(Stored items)
= Beginning of Section =

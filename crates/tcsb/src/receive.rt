// Receive: what becomes of an event of another member.
ghost use Rattle.std.specs.Prelude.{◌≡◌, Ok, length};
ghost use Rattle.telegram.specs.Reading.{event};
ghost use Rattle.store.specs.Orders.{find_from, events};
ghost use Rattle.tcsb.specs.Replica.{misnumbered, duplicate_by, stale_by, verdict_by, receive_of};
ghost use Rattle.tcsb.specs.Tcsb.{has_words, with_known, Does, DoesIf};
ghost use Rattle.tcsb.specs.Receive.{new_to, room_of, Stored, Recorded, Takes};

use crate::internalizer::Translation;
use crate::tcsb::{KEPT, Tcsb, WAITING, has_words};
use clock::id::{EventId, ReplicaIdx};
use refusal::Refusal;
use store::event::Event;
use store::order::Store;
use telegram::body::Body;
use telegram::event as telegrams;
use telegram::list::MEMBERS;

// What becomes of an event that is received.
#[derive(Clone, Copy, Debug, PartialEq, Eq)]
pub enum Verdict {
    Taken,
    Duplicate,
    Stale,
}

// Event number 0, or not equal to its version's entry for its origin.
pub(crate) fn is_misnumbered(body: &Body) -> bool
    ensures { result ≡ misnumbered body.now }
{
    let entry = body.entries.get(body.place.0).copied().unwrap_or(0);
    body.number == 0 || body.number != entry
}

// 1 where a store has no event with an id, else 0.
pub(crate) fn new_in(store: &Store, words: &[u32], id: EventId) -> usize
    ensures { result ≡ new_to (find_from id.idx.0 id.seq 0 (events words.now store.now.order)) }
{
    usize::from(store.find(words, id).is_err())
}

// Whether so many new ids find room: 12 where more than 64 would wait, 13 where more than 256 would be in the outbox.
pub(crate) fn room_for(
    waiting: usize,
    more: usize,
    kept: usize,
    extra: usize,
) -> Result<(), Refusal>
    ensures { result ≡ room_of waiting more kept extra }
{
    if WAITING < waiting || WAITING - waiting < more {
        return Err(Refusal::InboxFull);
    }
    if KEPT < kept || KEPT - kept < extra {
        return Err(Refusal::OutboxFull);
    }
    Ok(())
}

// Puts an event into a store, in the place of one with the same id.
pub(crate) fn put(store: &mut Store, words: &mut [u32], event: Event)
    ensures { Stored words.old words.new store.old event store.new }
{
    let _ = store.insert(words, event);
}

// kept: `inbox` and `outbox` go side by side through the calls: they are lent slices, and a struct of the two would be made in each public call, whose
// arguments may not change
impl Tcsb {
    // Duplicate if the number is at most the origin row's own entry.
    fn is_duplicate(&self, event: &Event) -> bool
        ensures { result ≡ duplicate_by self.now.matrix.rows event.now }
    {
        event.number <= self.matrix.row(event.origin).get(event.origin)
    }

    // Stale if the frontier contains it or some version entry is below the frontier's.
    fn is_stale(&self, event: &Event) -> bool
        ensures { result ≡ stale_by self.now.matrix.members self.now.frontier.row.entries event.now }
    {
        let cut = self.frontier.row;
        event.number <= cut.get(event.origin) || !cut.at_most(event.version, self.matrix.members)
    }

    // Duplicate, else stale, else taken.
    pub(crate) fn judge(&self, event: &Event) -> Verdict
        ensures { result ≡ verdict_by self.now.matrix self.now.frontier event.now }
    {
        if self.is_duplicate(event) {
            Verdict::Duplicate
        } else if self.is_stale(event) {
            Verdict::Stale
        } else {
            Verdict::Taken
        }
    }

    // Into inbox and outbox, in the place of one with the same id.
    pub(crate) fn record(&mut self, inbox: &mut [u32], outbox: &mut [u32], event: Event)
        ensures { Recorded inbox.old inbox.new outbox.old outbox.new self.old event self.new }
    {
        put(&mut self.inbox, inbox, event);
        put(&mut self.outbox, outbox, event);
    }

    // Every accepted receive, batch or pull extends the sender's known row to the telegram's list.
    pub(crate) fn extend(&mut self, sender: ReplicaIdx, row: Translation)
        ensures { self.new ≡ with_known self.old sender.0 row }
    {
        if sender.0 < MEMBERS {
            self.known[sender.0] = row;
        }
    }

    // An event of another member that is numbered right: 12 or 13 where it is to be taken and finds no room.
    #[tactic(auto, using(crate::proofs::Taking::takes_duplicate, crate::proofs::Taking::takes_stale))]
    fn take(
        &mut self,
        inbox: &mut [u32],
        outbox: &mut [u32],
        event: Event,
    ) -> Result<Verdict, Refusal>
        ensures { Takes inbox.old inbox.new outbox.old outbox.new self.old event self.new result }
    {
        let verdict = self.judge(&event);
        if verdict == Verdict::Taken {
            let more = new_in(&self.inbox, inbox, event.id());
            let extra = new_in(&self.outbox, outbox, event.id());
            room_for(self.inbox.order.count, more, self.outbox.order.count, extra)?;
            self.record(inbox, outbox, event);
        }
        Ok(verdict)
    }

    // An event telegram that was read: 7, 8, 10, 11, 12, 13.
    fn receive_body(
        &mut self,
        list: &[u8],
        inbox: &mut [u32],
        outbox: &mut [u32],
        s: &[u8],
        read: &telegrams::Event,
    ) -> Result<Verdict, Refusal>
        ensures { DoesIf (event s.now ≡ Ok read.now) list.now inbox.old inbox.new outbox.old outbox.new self.old self.new result (λ st. receive_of st s.now) }
    {
        let row = self.admit(list, s, &read.names, read.body.place)?;
        if is_misnumbered(&read.body) {
            return Err(Refusal::BadEventNumber);
        }
        let verdict = self.take(inbox, outbox, row.event_from(s, &read.body))?;
        self.extend(row.our_place(read.body.place), row);
        Ok(verdict)
    }

    // Receives an event telegram.
    pub fn receive(
        &mut self,
        list: &[u8],
        inbox: &mut [u32],
        outbox: &mut [u32],
        s: &[u8],
    ) -> Result<Verdict, Refusal>
        ensures { Does list.now inbox.old inbox.new outbox.old outbox.new (has_words (length inbox.old) (length outbox.old)) self.old self.new result (λ st. receive_of st s.now) }
    {
        if !has_words(inbox.len(), outbox.len()) {
            return Err(Refusal::OutOfRange);
        }
        let read = telegrams::read_event(s)?;
        self.receive_body(list, inbox, outbox, s, &read)
    }
}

= End of Section =

WORK REQUIRED: Reproduce the data above in full, with no line missing.

RESPONSE BOX:
filename crates/tcsb/src/receive.rt
// Receive: what becomes of an event of another member.
ghost use Rattle.std.specs.Prelude.{◌≡◌, Ok, length};
ghost use Rattle.telegram.specs.Reading.{event};
ghost use Rattle.store.specs.Orders.{find_from, events};
ghost use Rattle.tcsb.specs.Replica.{misnumbered, duplicate_by, stale_by, verdict_by, receive_of};
ghost use Rattle.tcsb.specs.Tcsb.{has_words, with_known, Does, DoesIf};
ghost use Rattle.tcsb.specs.Receive.{new_to, room_of, Stored, Recorded, Takes};

use crate::internalizer::Translation;
use crate::tcsb::{KEPT, Tcsb, WAITING, has_words};
use clock::id::{EventId, ReplicaIdx};
use refusal::Refusal;
use store::event::Event;
use store::order::Store;
use telegram::body::Body;
use telegram::event as telegrams;
use telegram::list::MEMBERS;

// What becomes of an event that is received.
#[derive(Clone, Copy, Debug, PartialEq, Eq)]
pub enum Verdict {
    Taken,
    Duplicate,
    Stale,
}

// Event number 0, or not equal to its version's entry for its origin.
pub(crate) fn is_misnumbered(body: &Body) -> bool
    ensures { result ≡ misnumbered body.now }
{
    let entry = body.entries.get(body.place.0).copied().unwrap_or(0);
    body.number == 0 || body.number != entry
}

// 1 where a store has no event with an id, else 0.
pub(crate) fn new_in(store: &Store, words: &[u32], id: EventId) -> usize
    ensures { result ≡ new_to (find_from id.idx.0 id.seq 0 (events words.now store.now.order)) }
{
    usize::from(store.find(words, id).is_err())
}

// Whether so many new ids find room: 12 where more than 64 would wait, 13 where more than 256 would be in the outbox.
pub(crate) fn room_for(
    waiting: usize,
    more: usize,
    kept: usize,
    extra: usize,
) -> Result<(), Refusal>
    ensures { result ≡ room_of waiting more kept extra }
{
    if WAITING < waiting || WAITING - waiting < more {
        return Err(Refusal::InboxFull);
    }
    if KEPT < kept || KEPT - kept < extra {
        return Err(Refusal::OutboxFull);
    }
    Ok(())
}

// Puts an event into a store, in the place of one with the same id.
pub(crate) fn put(store: &mut Store, words: &mut [u32], event: Event)
    ensures { Stored words.old words.new store.old event store.new }
{
    let _ = store.insert(words, event);
}

// kept: `inbox` and `outbox` go side by side through the calls: they are lent slices, and a struct of the two would be made in each public call, whose
// arguments may not change
impl Tcsb {
    // Duplicate if the number is at most the origin row's own entry.
    fn is_duplicate(&self, event: &Event) -> bool
        ensures { result ≡ duplicate_by self.now.matrix.rows event.now }
    {
        event.number <= self.matrix.row(event.origin).get(event.origin)
    }

    // Stale if the frontier contains it or some version entry is below the frontier's.
    fn is_stale(&self, event: &Event) -> bool
        ensures { result ≡ stale_by self.now.matrix.members self.now.frontier.row.entries event.now }
    {
        let cut = self.frontier.row;
        event.number <= cut.get(event.origin) || !cut.at_most(event.version, self.matrix.members)
    }

    // Duplicate, else stale, else taken.
    pub(crate) fn judge(&self, event: &Event) -> Verdict
        ensures { result ≡ verdict_by self.now.matrix self.now.frontier event.now }
    {
        if self.is_duplicate(event) {
            Verdict::Duplicate
        } else if self.is_stale(event) {
            Verdict::Stale
        } else {
            Verdict::Taken
        }
    }

    // Into inbox and outbox, in the place of one with the same id.
    pub(crate) fn record(&mut self, inbox: &mut [u32], outbox: &mut [u32], event: Event)
        ensures { Recorded inbox.old inbox.new outbox.old outbox.new self.old event self.new }
    {
        put(&mut self.inbox, inbox, event);
        put(&mut self.outbox, outbox, event);
    }

    // Every accepted receive, batch or pull extends the sender's known row to the telegram's list.
    pub(crate) fn extend(&mut self, sender: ReplicaIdx, row: Translation)
        ensures { self.new ≡ with_known self.old sender.0 row }
    {
        if sender.0 < MEMBERS {
            self.known[sender.0] = row;
        }
    }

    // An event of another member that is numbered right: 12 or 13 where it is to be taken and finds no room.
    #[tactic(auto, using(crate::proofs::Taking::takes_duplicate, crate::proofs::Taking::takes_stale))]
    fn take(
        &mut self,
        inbox: &mut [u32],
        outbox: &mut [u32],
        event: Event,
    ) -> Result<Verdict, Refusal>
        ensures { Takes inbox.old inbox.new outbox.old outbox.new self.old event self.new result }
    {
        let verdict = self.judge(&event);
        if verdict == Verdict::Taken {
            let more = new_in(&self.inbox, inbox, event.id());
            let extra = new_in(&self.outbox, outbox, event.id());
            room_for(self.inbox.order.count, more, self.outbox.order.count, extra)?;
            self.record(inbox, outbox, event);
        }
        Ok(verdict)
    }

    // An event telegram that was read: 7, 8, 10, 11, 12, 13.
    fn receive_body(
        &mut self,
        list: &[u8],
        inbox: &mut [u32],
        outbox: &mut [u32],
        s: &[u8],
        read: &telegrams::Event,
    ) -> Result<Verdict, Refusal>
        ensures { DoesIf (event s.now ≡ Ok read.now) list.now inbox.old inbox.new outbox.old outbox.new self.old self.new result (λ st. receive_of st s.now) }
    {
        let row = self.admit(list, s, &read.names, read.body.place)?;
        if is_misnumbered(&read.body) {
            return Err(Refusal::BadEventNumber);
        }
        let verdict = self.take(inbox, outbox, row.event_from(s, &read.body))?;
        self.extend(row.our_place(read.body.place), row);
        Ok(verdict)
    }

    // Receives an event telegram.
    pub fn receive(
        &mut self,
        list: &[u8],
        inbox: &mut [u32],
        outbox: &mut [u32],
        s: &[u8],
    ) -> Result<Verdict, Refusal>
        ensures { Does list.now inbox.old inbox.new outbox.old outbox.new (has_words (length inbox.old) (length outbox.old)) self.old self.new result (λ st. receive_of st s.now) }
    {
        if !has_words(inbox.len(), outbox.len()) {
            return Err(Refusal::OutOfRange);
        }
        let read = telegrams::read_event(s)?;
        self.receive_body(list, inbox, outbox, s, &read)
    }
}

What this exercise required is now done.